Still, Kalev said, Ben-Ami’s announcement sent a powerful message that women can define their own reality. It is even more significant coming from a woman of Middle Eastern origin, as Mizrahi Jews are seen as more traditional and have historically faced discrimination in Israel, she said. While Israel has a proud tradition of gender equality, dating back to the prestate militias and kibbutzim, women have historically been excluded from shaping the institutions of power.
“Merav’s story is a reminder that the kind of commitment that work requires too often comes at the expense of having a family, and that’s one reason we don’t see more women in leadership,” she said. “She is sending an important message that women have the right to a family however they want it, even if that means breaking the traditional categories.”
So far, Israelis have been supportive. Ben-Ami said she has been flooded with congratulatory messages and phone calls in the past week. Her Facebook post about the article has some 1,500 “likes” and hundreds of gushing comments. Ben-Ami said her colleagues in the Knesset have privately congratulated her, including those from the haredi Orthodox and Arab parties.
“There are very liberal haredim. There are different streams. And there’s a lot of difference of opinion there,” she said.
Rabbi Yuval Cherlow, a prominent moderate among religious Zionists, said most Orthodox rabbis would not support Ben-Ami’s decision to have a baby outside a Jewish marriage. If a woman is worried about not getting married in time to have a baby, the standard advice is to freeze your eggs, he said. That is the policy of the Puah Institute, a Jerusalem center that advises infertile couples based on Jewish law, or halachah.
On the other hand, Judaism is very understanding of a woman’s need to have babies, Cherlow said. In the Torah, the Jewish matriarch Rachel tells her husband, Jacob, to give her a baby or she will die. Rabbis draw on the Bible’s emphasis on fertility to craft fairly liberal positions on assisted reproductive technology.
Cherlow said he is among a minority of Orthodox rabbis that recommend older single women try IVF — partly because frozen eggs are known to not be a reliable option for them. From the perspective of Jewish law, he said, it is a positive that Ben-Ami’s baby will have a father.
The Orthodox consider homosexuality incompatible with Judaism, although public attitudes were seen to shift after a haredi Orthodox man stabbed a teenage girl to death at the 2014 Jerusalem Gay Pride Parade. But the fact that Ofir is gay is irrelevant to his being a father, according to Cherlow.
“I would prefer like every rabbi in the world that babies would be part of a Jewish family according to halachah. But she made the decision not to miss being a mother, and the baby’s father is known and will be involved. These are positive things,” Cherlow told JTA.

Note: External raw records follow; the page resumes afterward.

//! Tests settings: the piece, the limit and the kind; and a read that is passed on whole.
use super::common::Failed;
use crate::rows::holds;
use std::alloc::{AllocError, Global};
use vt_replay::{Fault, Format, Watched, carry_out, replay, request, settings};
use vt_vectors::ShortReader;

/// A line of words, a call of the reader that fails, the answer, and the first line that is written.
type Asked = (
    &'static str,
    Option<usize>,
    Result<(), Fault>,
    &'static [u8],
);

/// Each is played on `ABCDE`, which the reader gives as fast as it is asked.
const ASKED: &[Asked] = &[
    ("vt220 text", None, Ok(()), b"ABCDE\n"),
    ("vt220 status", None, Ok(()), b"cursor 1 6\n"),
    // the limit
    ("vt220 text --limit 4", None, Err(Fault::TooLong), b""),
    ("vt220 text --limit 5", None, Ok(()), b"ABCDE\n"),
    // pieces of two bytes take four reads, one of five takes two
    ("vt220 text --piece 2", Some(4), Err(Fault::Read), b""),
    ("vt220 text --piece 5", Some(2), Err(Fault::Read), b""),
    ("vt220 text --piece 5", Some(3), Ok(()), b"ABCDE\n"),
];

/// Each is a log of `ABCDE`, of which no line scrolls off.
const LOGGED: &[Asked] = &[
    ("vt220 log", None, Ok(()), b"ABCDE\n"),
    ("vt220 log --limit 4", None, Err(Fault::TooLong), b""),
    ("vt220 log --piece 2", Some(4), Err(Fault::Read), b""),
    ("vt220 log --piece 5", Some(3), Ok(()), b"ABCDE\n"),
];

/// Returns the words of a line.
fn words_of(alloc: Global, line: &str) -> Result<Vec<String>, AllocError> {
    let mut words = Vec::new(alloc);
    for word in line.split(' ') {
        words.push(String::from_str(alloc, word)?)?;
    }
    Ok(words)
}

/// Returns what is answered and written for a line of words.
fn replayed(
    alloc: Global,
    line: &str,
    failing_read: Option<usize>,
) -> Result<(Result<(), Fault>, Vec<u8>), Failed> {
    let asked = settings(alloc, words_of(alloc, line)?).map_err(|_| Failed)?;
    let mut reader = Watched::new(ShortReader::new(b"ABCDE", 100, failing_read));
    let mut writer = Watched::new(Vec::new(alloc));
    let answer = replay(alloc, &mut reader, &mut writer, &asked);
    Ok((answer, writer.into_inner()))
}

/// Returns what is returned and written for a line of words that is a request.
fn carried_out(
    alloc: Global,
    line: &str,
    failing_read: Option<usize>,
) -> Result<(Result<(), Fault>, Vec<u8>), Failed> {
    let asked = request(alloc, words_of(alloc, line)?).map_err(|_| Failed)?;
    let mut reader = Watched::new(ShortReader::new(b"ABCDE", 100, failing_read));
    let mut writer = Watched::new(Vec::new(alloc));
    let outcome = carry_out(alloc, &mut reader, Format::Raw, None, &mut writer, &asked);
    Ok((outcome.ended, writer.into_inner()))
}

/// Returns whether what is returned and written is what a row says.
fn is_due(
    (_line, _failing_read, expected, first): &Asked,
    answer: Result<(), Fault>,
    written: &[u8],
) -> bool {
    answer == *expected && written.starts_with(first) && written.is_empty() == first.is_empty()
}

/// Returns whether the line of a row is answered as the row says.
fn is_answered(alloc: Global, row: &Asked) -> Result<bool, Failed> {
    let (answer, written) = replayed(alloc, row.0, row.1)?;
    Ok(is_due(row, answer, &written))
}

/// Returns whether the line of a row is carried out as the row says.
fn is_carried_out(alloc: Global, row: &Asked) -> Result<bool, Failed> {
    let (answer, written) = carried_out(alloc, row.0, row.1)?;
    Ok(is_due(row, answer, &written))
}

#[test]
fn settings_are_at_work(rt: HostRuntime) {
    for row in ASKED {
        holds(&rt, row.0, is_answered(rt.alloc(), row));
        holds(&rt, row.0, is_carried_out(rt.alloc(), row));
    }
}

#[test]
fn requests_are_at_work(rt: HostRuntime) {
    for row in LOGGED {
        holds(&rt, row.0, is_carried_out(rt.alloc(), row));
    }
}

/// Returns whether a read gives all five bytes, the next one none, and only then the reader has ended.
fn is_passed_on_whole() -> Result<bool, Failed> {
    let mut reader = Watched::new(ShortReader::new(b"ABCDE", 100, None));
    let mut buffer = [0u8; 5];
    let first = reader.read(&mut buffer)?;
    let ended = reader.ended();
    let second = reader.read(&mut buffer)?;
    Ok(first == 5 && buffer == *b"ABCDE" && !ended && second == 0 && reader.ended())
}

#[test]
fn a_read_is_passed_on_whole(rt: HostRuntime) {
    holds(&rt, "five bytes", is_passed_on_whole());
}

Now that Ben-Ami has made her announcement, she is ready to get back to work. At the end of the day, she said, she is just another expecting Israeli mother.
“You look around and every third or fourth woman is pregnant. So you need to take it in proportion,” she said. “From a Jewish point of view, the baby is the important thing, even if it’s from a gay man, even if you’re 40. Of course we’d prefer this or that, but yalla, we can’t wait forever.”